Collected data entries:

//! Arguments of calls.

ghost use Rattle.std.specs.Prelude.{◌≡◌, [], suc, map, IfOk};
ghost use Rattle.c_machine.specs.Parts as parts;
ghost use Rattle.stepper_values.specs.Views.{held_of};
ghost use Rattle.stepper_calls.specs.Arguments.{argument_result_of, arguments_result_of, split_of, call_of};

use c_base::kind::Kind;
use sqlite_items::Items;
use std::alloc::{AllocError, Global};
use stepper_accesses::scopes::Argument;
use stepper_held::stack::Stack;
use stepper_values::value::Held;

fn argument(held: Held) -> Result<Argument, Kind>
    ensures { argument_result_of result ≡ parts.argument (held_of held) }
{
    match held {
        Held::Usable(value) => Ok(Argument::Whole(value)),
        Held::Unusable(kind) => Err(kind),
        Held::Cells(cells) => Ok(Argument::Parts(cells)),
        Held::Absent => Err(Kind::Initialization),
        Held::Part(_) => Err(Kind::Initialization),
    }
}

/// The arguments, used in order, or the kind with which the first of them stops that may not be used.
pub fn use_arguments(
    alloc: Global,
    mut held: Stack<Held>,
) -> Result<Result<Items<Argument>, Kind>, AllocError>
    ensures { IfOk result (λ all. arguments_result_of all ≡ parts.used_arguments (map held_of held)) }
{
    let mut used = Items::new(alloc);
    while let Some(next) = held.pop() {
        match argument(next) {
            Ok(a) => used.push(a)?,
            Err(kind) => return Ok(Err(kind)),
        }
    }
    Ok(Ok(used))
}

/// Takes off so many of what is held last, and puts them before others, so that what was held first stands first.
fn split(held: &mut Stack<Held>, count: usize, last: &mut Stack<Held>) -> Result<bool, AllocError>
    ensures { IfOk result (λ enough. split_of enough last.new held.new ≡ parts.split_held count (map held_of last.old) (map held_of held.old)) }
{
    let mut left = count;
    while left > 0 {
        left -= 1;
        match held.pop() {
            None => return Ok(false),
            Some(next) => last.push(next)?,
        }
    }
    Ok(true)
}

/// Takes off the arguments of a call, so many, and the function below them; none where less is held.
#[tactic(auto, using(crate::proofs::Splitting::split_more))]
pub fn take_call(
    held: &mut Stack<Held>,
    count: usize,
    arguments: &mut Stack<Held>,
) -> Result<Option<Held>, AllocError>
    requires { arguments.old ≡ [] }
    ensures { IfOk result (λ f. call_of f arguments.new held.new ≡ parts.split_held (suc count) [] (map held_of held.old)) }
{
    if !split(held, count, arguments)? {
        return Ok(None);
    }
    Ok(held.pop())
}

==

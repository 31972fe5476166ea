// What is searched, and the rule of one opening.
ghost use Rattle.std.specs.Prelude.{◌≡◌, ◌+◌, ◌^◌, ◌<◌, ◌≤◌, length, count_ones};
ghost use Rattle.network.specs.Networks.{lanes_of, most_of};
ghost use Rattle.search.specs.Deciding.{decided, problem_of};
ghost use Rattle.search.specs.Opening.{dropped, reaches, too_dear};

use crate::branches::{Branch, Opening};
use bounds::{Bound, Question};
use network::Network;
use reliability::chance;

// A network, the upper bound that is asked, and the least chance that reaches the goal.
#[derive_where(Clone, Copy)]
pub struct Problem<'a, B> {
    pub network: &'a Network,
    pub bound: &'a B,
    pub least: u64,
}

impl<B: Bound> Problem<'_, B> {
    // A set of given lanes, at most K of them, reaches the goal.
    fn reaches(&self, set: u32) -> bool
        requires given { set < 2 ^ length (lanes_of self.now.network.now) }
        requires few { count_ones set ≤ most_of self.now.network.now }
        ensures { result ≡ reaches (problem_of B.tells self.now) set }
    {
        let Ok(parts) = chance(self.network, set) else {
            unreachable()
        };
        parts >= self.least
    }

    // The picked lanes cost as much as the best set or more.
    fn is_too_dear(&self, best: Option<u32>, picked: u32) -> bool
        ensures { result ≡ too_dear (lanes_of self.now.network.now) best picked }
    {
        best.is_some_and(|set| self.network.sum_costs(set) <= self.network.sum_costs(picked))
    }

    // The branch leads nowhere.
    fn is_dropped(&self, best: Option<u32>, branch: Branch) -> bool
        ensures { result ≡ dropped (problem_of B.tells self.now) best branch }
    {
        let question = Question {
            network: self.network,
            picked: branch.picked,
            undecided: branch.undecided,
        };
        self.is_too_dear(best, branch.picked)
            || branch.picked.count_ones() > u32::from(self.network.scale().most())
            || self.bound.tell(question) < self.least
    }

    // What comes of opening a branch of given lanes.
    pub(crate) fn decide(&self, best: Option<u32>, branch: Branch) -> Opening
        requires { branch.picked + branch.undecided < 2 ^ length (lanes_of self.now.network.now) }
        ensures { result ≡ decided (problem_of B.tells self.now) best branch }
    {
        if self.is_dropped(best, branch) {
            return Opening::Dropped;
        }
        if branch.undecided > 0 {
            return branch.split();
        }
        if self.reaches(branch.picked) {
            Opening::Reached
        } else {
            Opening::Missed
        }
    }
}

**ACTIVITY**
Return, unchanged, the run of lines above that opens with the line containing "Arguments of calls." and closes with the line containing "Result<Result<Items<Argument>, Kind>, AllocError>". Include both.

**ANSWER SPACE**
//! Arguments of calls.

ghost use Rattle.std.specs.Prelude.{◌≡◌, [], suc, map, IfOk};
ghost use Rattle.c_machine.specs.Parts as parts;
ghost use Rattle.stepper_values.specs.Views.{held_of};
ghost use Rattle.stepper_calls.specs.Arguments.{argument_result_of, arguments_result_of, split_of, call_of};

use c_base::kind::Kind;
use sqlite_items::Items;
use std::alloc::{AllocError, Global};
use stepper_accesses::scopes::Argument;
use stepper_held::stack::Stack;
use stepper_values::value::Held;

fn argument(held: Held) -> Result<Argument, Kind>
    ensures { argument_result_of result ≡ parts.argument (held_of held) }
{
    match held {
        Held::Usable(value) => Ok(Argument::Whole(value)),
        Held::Unusable(kind) => Err(kind),
        Held::Cells(cells) => Ok(Argument::Parts(cells)),
        Held::Absent => Err(Kind::Initialization),
        Held::Part(_) => Err(Kind::Initialization),
    }
}

/// The arguments, used in order, or the kind with which the first of them stops that may not be used.
pub fn use_arguments(
    alloc: Global,
    mut held: Stack<Held>,
) -> Result<Result<Items<Argument>, Kind>, AllocError>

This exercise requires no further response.